[Opening DATA FOR THIS EXERCISE section]

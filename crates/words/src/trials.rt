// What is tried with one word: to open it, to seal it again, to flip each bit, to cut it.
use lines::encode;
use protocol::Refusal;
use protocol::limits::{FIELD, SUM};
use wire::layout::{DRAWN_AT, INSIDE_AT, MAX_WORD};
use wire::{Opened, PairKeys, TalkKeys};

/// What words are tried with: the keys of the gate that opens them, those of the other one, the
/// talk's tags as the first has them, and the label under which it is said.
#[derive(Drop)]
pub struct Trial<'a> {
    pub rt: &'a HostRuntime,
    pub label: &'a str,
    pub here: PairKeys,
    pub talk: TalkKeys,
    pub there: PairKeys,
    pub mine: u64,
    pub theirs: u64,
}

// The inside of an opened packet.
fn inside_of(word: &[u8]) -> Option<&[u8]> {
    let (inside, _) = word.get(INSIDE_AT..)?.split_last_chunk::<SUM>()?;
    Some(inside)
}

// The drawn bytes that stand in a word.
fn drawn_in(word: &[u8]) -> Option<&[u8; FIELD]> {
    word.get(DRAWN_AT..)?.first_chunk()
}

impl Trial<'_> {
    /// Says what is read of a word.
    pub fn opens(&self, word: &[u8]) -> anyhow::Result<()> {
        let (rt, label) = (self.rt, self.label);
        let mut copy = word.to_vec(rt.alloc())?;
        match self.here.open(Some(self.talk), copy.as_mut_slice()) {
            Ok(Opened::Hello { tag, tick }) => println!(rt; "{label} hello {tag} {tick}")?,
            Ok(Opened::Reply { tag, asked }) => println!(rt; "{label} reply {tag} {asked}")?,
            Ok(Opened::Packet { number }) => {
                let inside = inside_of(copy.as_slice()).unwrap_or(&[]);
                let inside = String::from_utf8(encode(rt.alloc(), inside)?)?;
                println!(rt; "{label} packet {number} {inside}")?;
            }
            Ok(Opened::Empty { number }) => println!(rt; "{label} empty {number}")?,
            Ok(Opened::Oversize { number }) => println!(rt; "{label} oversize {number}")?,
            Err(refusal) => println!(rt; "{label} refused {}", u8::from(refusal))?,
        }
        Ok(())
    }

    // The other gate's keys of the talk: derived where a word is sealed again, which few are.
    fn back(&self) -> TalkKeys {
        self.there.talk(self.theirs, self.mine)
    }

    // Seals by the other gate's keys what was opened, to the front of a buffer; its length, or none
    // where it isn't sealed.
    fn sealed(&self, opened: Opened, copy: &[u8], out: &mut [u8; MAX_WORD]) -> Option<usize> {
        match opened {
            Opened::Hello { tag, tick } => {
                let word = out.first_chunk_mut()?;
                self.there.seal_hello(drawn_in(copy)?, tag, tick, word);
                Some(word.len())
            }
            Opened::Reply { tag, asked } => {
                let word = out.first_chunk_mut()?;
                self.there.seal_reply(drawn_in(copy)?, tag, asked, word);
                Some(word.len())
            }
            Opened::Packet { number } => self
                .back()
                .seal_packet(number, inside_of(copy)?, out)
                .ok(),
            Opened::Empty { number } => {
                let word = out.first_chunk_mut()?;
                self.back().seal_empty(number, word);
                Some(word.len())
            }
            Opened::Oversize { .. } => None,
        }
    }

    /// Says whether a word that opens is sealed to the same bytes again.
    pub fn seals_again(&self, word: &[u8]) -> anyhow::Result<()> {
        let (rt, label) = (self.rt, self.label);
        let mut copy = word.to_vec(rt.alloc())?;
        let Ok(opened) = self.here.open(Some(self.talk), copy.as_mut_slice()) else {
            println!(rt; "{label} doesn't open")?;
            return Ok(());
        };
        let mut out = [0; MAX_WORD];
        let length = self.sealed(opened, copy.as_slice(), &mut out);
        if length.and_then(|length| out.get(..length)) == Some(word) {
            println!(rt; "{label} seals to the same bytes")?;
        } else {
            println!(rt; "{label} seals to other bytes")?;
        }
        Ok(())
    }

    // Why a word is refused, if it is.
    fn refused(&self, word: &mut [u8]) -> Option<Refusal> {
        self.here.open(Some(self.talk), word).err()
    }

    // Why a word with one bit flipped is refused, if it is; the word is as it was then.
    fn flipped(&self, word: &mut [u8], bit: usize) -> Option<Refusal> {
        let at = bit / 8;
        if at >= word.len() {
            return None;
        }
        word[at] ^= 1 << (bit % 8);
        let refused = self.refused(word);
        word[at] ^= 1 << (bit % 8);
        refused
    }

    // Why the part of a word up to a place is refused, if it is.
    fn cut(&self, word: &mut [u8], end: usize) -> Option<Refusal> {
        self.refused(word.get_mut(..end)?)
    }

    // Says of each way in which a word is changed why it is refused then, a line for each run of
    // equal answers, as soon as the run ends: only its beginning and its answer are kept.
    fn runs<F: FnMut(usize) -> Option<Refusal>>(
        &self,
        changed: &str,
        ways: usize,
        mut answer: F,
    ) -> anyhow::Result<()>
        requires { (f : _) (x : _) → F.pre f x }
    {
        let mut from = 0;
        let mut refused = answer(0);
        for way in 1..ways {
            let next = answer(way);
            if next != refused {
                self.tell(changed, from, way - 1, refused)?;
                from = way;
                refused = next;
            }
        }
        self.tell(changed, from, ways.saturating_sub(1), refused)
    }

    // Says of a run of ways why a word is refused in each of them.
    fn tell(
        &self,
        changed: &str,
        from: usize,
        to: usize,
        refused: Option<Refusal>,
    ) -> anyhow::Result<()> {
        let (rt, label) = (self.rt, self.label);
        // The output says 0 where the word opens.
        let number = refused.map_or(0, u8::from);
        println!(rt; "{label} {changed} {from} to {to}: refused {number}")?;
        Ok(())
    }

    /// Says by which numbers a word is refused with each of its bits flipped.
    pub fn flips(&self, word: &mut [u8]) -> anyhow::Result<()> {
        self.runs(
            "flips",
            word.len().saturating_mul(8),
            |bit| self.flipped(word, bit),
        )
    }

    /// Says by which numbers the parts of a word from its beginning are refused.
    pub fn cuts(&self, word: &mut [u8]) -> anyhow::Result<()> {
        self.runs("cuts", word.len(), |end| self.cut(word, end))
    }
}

[Closing DATA FOR THIS EXERCISE section]

■ **REQUIRED ACTION**:
Print every entry exactly as written.

■ **EXPECTED ANSWER**:
filename crates/words/src/trials.rt
// What is tried with one word: to open it, to seal it again, to flip each bit, to cut it.
use lines::encode;
use protocol::Refusal;
use protocol::limits::{FIELD, SUM};
use wire::layout::{DRAWN_AT, INSIDE_AT, MAX_WORD};
use wire::{Opened, PairKeys, TalkKeys};

/// What words are tried with: the keys of the gate that opens them, those of the other one, the
/// talk's tags as the first has them, and the label under which it is said.
#[derive(Drop)]
pub struct Trial<'a> {
    pub rt: &'a HostRuntime,
    pub label: &'a str,
    pub here: PairKeys,
    pub talk: TalkKeys,
    pub there: PairKeys,
    pub mine: u64,
    pub theirs: u64,
}

// The inside of an opened packet.
fn inside_of(word: &[u8]) -> Option<&[u8]> {
    let (inside, _) = word.get(INSIDE_AT..)?.split_last_chunk::<SUM>()?;
    Some(inside)
}

// The drawn bytes that stand in a word.
fn drawn_in(word: &[u8]) -> Option<&[u8; FIELD]> {
    word.get(DRAWN_AT..)?.first_chunk()
}

impl Trial<'_> {
    /// Says what is read of a word.
    pub fn opens(&self, word: &[u8]) -> anyhow::Result<()> {
        let (rt, label) = (self.rt, self.label);
        let mut copy = word.to_vec(rt.alloc())?;
        match self.here.open(Some(self.talk), copy.as_mut_slice()) {
            Ok(Opened::Hello { tag, tick }) => println!(rt; "{label} hello {tag} {tick}")?,
            Ok(Opened::Reply { tag, asked }) => println!(rt; "{label} reply {tag} {asked}")?,
            Ok(Opened::Packet { number }) => {
                let inside = inside_of(copy.as_slice()).unwrap_or(&[]);
                let inside = String::from_utf8(encode(rt.alloc(), inside)?)?;
                println!(rt; "{label} packet {number} {inside}")?;
            }
            Ok(Opened::Empty { number }) => println!(rt; "{label} empty {number}")?,
            Ok(Opened::Oversize { number }) => println!(rt; "{label} oversize {number}")?,
            Err(refusal) => println!(rt; "{label} refused {}", u8::from(refusal))?,
        }
        Ok(())
    }

    // The other gate's keys of the talk: derived where a word is sealed again, which few are.
    fn back(&self) -> TalkKeys {
        self.there.talk(self.theirs, self.mine)
    }

    // Seals by the other gate's keys what was opened, to the front of a buffer; its length, or none
    // where it isn't sealed.
    fn sealed(&self, opened: Opened, copy: &[u8], out: &mut [u8; MAX_WORD]) -> Option<usize> {
        match opened {
            Opened::Hello { tag, tick } => {
                let word = out.first_chunk_mut()?;
                self.there.seal_hello(drawn_in(copy)?, tag, tick, word);
                Some(word.len())
            }
            Opened::Reply { tag, asked } => {
                let word = out.first_chunk_mut()?;
                self.there.seal_reply(drawn_in(copy)?, tag, asked, word);
                Some(word.len())
            }
            Opened::Packet { number } => self
                .back()
                .seal_packet(number, inside_of(copy)?, out)
                .ok(),
            Opened::Empty { number } => {
                let word = out.first_chunk_mut()?;
                self.back().seal_empty(number, word);
                Some(word.len())
            }
            Opened::Oversize { .. } => None,
        }
    }

    /// Says whether a word that opens is sealed to the same bytes again.
    pub fn seals_again(&self, word: &[u8]) -> anyhow::Result<()> {
        let (rt, label) = (self.rt, self.label);
        let mut copy = word.to_vec(rt.alloc())?;
        let Ok(opened) = self.here.open(Some(self.talk), copy.as_mut_slice()) else {
            println!(rt; "{label} doesn't open")?;
            return Ok(());
        };
        let mut out = [0; MAX_WORD];
        let length = self.sealed(opened, copy.as_slice(), &mut out);
        if length.and_then(|length| out.get(..length)) == Some(word) {
            println!(rt; "{label} seals to the same bytes")?;
        } else {
            println!(rt; "{label} seals to other bytes")?;
        }
        Ok(())
    }

    // Why a word is refused, if it is.
    fn refused(&self, word: &mut [u8]) -> Option<Refusal> {
        self.here.open(Some(self.talk), word).err()
    }

    // Why a word with one bit flipped is refused, if it is; the word is as it was then.
    fn flipped(&self, word: &mut [u8], bit: usize) -> Option<Refusal> {
        let at = bit / 8;
        if at >= word.len() {
            return None;
        }
        word[at] ^= 1 << (bit % 8);
        let refused = self.refused(word);
        word[at] ^= 1 << (bit % 8);
        refused
    }

    // Why the part of a word up to a place is refused, if it is.
    fn cut(&self, word: &mut [u8], end: usize) -> Option<Refusal> {
        self.refused(word.get_mut(..end)?)
    }

    // Says of each way in which a word is changed why it is refused then, a line for each run of
    // equal answers, as soon as the run ends: only its beginning and its answer are kept.
    fn runs<F: FnMut(usize) -> Option<Refusal>>(
        &self,
        changed: &str,
        ways: usize,
        mut answer: F,
    ) -> anyhow::Result<()>
        requires { (f : _) (x : _) → F.pre f x }
    {
        let mut from = 0;
        let mut refused = answer(0);
        for way in 1..ways {
            let next = answer(way);
            if next != refused {
                self.tell(changed, from, way - 1, refused)?;
                from = way;
                refused = next;
            }
        }
        self.tell(changed, from, ways.saturating_sub(1), refused)
    }

    // Says of a run of ways why a word is refused in each of them.
    fn tell(
        &self,
        changed: &str,
        from: usize,
        to: usize,
        refused: Option<Refusal>,
    ) -> anyhow::Result<()> {
        let (rt, label) = (self.rt, self.label);
        // The output says 0 where the word opens.
        let number = refused.map_or(0, u8::from);
        println!(rt; "{label} {changed} {from} to {to}: refused {number}")?;
        Ok(())
    }

    /// Says by which numbers a word is refused with each of its bits flipped.
    pub fn flips(&self, word: &mut [u8]) -> anyhow::Result<()> {
        self.runs(
            "flips",
            word.len().saturating_mul(8),
            |bit| self.flipped(word, bit),
        )
    }

    /// Says by which numbers the parts of a word from its beginning are refused.
    pub fn cuts(&self, word: &mut [u8]) -> anyhow::Result<()> {
        self.runs("cuts", word.len(), |end| self.cut(word, end))
    }
}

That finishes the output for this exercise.